SUPPLIED INFORMATION Start Marker
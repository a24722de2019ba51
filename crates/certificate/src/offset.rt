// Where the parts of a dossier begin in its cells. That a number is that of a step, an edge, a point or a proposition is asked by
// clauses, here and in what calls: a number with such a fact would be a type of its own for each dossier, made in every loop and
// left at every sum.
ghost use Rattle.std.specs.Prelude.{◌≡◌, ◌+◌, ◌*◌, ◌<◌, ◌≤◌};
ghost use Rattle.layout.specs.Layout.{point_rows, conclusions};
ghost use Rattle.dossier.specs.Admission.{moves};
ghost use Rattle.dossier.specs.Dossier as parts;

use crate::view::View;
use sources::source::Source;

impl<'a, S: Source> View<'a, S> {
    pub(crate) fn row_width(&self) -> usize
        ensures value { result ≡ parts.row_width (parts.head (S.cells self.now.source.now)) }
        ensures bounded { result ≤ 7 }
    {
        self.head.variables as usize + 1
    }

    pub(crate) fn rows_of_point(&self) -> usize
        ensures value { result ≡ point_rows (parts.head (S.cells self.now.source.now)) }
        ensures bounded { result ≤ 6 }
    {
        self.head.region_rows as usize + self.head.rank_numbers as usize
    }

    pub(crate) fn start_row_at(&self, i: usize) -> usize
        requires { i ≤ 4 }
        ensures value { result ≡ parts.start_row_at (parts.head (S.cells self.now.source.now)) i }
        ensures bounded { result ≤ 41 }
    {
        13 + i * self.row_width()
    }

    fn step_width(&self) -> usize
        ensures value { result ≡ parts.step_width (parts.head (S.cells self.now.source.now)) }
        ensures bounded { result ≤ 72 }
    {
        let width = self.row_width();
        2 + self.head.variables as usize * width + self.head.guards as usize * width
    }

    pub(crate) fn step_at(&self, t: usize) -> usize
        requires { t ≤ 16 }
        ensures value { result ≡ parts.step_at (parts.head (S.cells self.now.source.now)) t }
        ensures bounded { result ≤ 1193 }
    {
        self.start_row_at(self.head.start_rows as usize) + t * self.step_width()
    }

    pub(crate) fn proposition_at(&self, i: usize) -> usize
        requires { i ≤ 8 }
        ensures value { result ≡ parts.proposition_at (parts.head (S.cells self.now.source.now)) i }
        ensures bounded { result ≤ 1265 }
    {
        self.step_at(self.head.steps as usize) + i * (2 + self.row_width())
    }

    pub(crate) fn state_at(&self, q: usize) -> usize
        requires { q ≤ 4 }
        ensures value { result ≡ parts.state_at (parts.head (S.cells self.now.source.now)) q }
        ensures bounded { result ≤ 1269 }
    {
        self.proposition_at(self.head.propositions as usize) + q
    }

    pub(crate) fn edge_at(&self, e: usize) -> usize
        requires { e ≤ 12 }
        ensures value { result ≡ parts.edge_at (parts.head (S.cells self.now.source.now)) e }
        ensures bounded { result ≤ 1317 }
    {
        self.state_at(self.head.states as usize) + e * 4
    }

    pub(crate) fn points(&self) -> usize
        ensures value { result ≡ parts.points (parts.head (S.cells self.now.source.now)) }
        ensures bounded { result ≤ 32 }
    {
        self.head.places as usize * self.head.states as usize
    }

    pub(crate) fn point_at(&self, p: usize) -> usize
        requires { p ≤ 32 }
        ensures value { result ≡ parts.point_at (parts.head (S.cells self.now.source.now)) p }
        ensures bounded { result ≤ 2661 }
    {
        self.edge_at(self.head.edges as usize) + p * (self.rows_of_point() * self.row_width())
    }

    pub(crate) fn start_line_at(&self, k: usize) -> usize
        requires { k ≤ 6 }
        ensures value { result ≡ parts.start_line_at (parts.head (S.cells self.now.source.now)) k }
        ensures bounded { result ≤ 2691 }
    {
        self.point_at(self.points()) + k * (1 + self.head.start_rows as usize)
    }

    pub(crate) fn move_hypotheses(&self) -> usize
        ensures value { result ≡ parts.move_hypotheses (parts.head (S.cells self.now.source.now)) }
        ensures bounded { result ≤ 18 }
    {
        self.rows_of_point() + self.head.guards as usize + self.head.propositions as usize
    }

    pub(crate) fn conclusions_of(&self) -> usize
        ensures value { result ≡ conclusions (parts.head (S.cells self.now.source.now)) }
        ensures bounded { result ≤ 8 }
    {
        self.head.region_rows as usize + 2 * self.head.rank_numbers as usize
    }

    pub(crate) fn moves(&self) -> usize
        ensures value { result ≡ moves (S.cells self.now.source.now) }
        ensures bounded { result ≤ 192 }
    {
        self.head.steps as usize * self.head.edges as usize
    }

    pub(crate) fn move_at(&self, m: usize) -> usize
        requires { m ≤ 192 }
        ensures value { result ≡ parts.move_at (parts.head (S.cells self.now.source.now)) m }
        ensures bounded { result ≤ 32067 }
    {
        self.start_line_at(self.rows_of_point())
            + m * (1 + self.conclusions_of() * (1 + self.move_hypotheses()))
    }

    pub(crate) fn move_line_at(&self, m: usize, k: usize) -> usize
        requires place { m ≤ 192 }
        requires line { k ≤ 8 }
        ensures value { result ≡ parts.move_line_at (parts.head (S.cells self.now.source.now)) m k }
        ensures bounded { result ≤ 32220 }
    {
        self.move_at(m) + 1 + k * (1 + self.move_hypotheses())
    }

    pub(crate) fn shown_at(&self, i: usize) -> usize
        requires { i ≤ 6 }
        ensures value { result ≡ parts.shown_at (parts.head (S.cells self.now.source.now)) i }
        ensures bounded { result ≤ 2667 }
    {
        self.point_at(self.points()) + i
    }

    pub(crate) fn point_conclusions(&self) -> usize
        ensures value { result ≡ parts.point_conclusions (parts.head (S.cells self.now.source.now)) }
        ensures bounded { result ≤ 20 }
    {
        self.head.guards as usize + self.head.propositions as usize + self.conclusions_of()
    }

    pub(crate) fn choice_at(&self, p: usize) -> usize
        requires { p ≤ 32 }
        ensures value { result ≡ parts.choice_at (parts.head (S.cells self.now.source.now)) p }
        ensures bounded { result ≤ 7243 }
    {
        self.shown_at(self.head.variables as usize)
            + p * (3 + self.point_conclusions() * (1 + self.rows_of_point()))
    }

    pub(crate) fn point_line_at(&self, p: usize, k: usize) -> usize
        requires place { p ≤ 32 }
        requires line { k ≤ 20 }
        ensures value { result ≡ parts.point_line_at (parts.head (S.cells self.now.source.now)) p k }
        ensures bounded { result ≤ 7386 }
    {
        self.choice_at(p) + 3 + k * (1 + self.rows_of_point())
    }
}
SUPPLIED INFORMATION End Marker
SUPPLIED INFORMATION Start Marker
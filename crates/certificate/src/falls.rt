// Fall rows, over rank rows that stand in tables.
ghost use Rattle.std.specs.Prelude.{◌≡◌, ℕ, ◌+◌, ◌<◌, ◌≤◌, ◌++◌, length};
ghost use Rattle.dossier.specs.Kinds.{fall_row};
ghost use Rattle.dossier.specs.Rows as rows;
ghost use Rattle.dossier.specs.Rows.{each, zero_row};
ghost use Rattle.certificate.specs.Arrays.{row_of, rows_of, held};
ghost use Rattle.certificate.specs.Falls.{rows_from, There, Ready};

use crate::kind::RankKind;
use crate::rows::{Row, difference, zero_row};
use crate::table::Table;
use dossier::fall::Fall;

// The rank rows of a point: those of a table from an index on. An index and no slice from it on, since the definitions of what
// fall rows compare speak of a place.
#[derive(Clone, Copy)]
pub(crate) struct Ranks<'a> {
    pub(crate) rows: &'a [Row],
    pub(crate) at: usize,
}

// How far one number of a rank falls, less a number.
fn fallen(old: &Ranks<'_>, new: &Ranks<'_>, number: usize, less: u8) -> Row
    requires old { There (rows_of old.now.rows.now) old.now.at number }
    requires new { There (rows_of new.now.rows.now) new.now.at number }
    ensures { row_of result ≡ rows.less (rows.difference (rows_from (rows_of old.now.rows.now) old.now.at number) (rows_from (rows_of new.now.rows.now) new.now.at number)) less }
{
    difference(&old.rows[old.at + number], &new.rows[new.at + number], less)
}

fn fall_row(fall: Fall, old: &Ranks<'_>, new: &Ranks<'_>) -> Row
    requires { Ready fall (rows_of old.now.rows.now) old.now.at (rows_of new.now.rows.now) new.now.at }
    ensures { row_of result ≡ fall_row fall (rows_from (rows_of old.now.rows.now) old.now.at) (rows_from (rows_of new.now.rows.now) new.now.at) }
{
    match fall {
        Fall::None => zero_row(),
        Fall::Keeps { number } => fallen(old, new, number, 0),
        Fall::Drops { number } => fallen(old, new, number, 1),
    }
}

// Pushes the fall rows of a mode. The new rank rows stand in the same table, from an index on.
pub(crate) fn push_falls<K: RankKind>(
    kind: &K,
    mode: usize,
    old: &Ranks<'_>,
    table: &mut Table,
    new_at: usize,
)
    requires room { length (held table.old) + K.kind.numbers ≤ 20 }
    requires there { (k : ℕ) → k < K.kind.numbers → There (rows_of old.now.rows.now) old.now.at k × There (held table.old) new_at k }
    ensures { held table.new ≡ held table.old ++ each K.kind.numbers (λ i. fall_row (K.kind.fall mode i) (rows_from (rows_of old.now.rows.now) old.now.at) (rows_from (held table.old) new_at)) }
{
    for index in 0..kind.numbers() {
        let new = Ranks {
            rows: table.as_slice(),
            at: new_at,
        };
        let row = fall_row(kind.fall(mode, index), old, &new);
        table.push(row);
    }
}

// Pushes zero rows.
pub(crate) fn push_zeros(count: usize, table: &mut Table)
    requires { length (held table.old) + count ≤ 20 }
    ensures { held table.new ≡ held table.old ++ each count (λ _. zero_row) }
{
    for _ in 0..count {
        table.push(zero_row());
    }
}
SUPPLIED INFORMATION End Marker
SUPPLIED INFORMATION Start Marker
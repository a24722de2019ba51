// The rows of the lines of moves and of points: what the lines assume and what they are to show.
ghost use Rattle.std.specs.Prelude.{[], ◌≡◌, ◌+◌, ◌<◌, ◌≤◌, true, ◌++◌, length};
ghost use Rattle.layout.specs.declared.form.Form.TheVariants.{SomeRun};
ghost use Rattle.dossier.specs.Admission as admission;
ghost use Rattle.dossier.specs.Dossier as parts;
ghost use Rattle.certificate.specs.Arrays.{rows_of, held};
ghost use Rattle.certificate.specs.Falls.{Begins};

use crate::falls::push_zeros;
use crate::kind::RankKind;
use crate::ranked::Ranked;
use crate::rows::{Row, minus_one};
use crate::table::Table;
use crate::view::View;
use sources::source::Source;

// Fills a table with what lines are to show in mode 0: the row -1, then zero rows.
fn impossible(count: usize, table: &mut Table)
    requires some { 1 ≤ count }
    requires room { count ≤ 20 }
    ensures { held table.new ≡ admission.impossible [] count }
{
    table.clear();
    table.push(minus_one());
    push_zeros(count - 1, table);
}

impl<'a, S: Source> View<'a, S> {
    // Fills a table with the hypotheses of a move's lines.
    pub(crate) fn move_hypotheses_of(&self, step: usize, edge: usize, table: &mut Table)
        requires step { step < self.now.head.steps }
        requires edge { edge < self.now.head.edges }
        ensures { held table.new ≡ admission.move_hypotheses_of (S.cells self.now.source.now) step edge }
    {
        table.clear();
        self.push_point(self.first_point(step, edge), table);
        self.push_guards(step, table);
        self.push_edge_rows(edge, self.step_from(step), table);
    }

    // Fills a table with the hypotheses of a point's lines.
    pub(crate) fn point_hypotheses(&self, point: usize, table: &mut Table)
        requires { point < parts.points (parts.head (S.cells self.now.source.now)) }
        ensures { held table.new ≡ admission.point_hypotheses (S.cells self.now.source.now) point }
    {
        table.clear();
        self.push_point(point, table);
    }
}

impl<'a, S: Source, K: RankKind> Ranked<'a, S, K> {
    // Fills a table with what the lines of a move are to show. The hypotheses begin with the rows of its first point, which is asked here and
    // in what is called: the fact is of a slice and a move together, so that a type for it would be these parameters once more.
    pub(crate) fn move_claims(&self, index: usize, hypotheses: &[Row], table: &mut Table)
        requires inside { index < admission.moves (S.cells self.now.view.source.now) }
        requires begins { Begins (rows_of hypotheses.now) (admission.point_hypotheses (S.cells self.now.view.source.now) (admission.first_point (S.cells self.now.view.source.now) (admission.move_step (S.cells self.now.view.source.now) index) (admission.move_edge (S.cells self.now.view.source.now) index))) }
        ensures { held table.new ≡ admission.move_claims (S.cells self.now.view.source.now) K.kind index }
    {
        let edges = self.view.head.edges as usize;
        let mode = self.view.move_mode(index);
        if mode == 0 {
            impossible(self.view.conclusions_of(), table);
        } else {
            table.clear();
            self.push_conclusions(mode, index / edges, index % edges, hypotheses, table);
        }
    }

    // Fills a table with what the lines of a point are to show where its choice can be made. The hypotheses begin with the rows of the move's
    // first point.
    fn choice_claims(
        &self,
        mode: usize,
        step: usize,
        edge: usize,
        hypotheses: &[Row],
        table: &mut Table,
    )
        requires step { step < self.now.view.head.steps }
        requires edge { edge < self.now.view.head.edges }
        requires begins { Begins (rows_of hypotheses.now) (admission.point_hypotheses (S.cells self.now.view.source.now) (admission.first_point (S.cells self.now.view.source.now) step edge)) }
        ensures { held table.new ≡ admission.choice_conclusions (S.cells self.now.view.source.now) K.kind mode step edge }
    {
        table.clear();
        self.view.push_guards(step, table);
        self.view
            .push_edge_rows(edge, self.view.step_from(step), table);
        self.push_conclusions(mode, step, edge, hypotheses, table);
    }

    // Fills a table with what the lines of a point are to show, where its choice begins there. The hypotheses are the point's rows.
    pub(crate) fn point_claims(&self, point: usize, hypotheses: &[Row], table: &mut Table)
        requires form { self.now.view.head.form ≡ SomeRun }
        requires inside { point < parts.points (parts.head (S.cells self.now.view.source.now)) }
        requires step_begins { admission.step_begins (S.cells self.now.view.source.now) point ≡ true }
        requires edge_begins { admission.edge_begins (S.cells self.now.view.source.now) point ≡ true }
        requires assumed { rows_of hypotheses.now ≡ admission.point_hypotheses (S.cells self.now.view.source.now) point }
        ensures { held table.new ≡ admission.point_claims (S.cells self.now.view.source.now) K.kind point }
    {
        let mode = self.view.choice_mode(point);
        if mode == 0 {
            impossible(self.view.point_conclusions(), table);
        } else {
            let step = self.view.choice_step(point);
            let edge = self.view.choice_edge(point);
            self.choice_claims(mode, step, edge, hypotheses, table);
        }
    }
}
SUPPLIED INFORMATION End Marker
WHAT TO PRODUCE – For every line of the records with the string "made", add one to a tally; give the final tally alone.

RESULT FOR THIS TASK – 2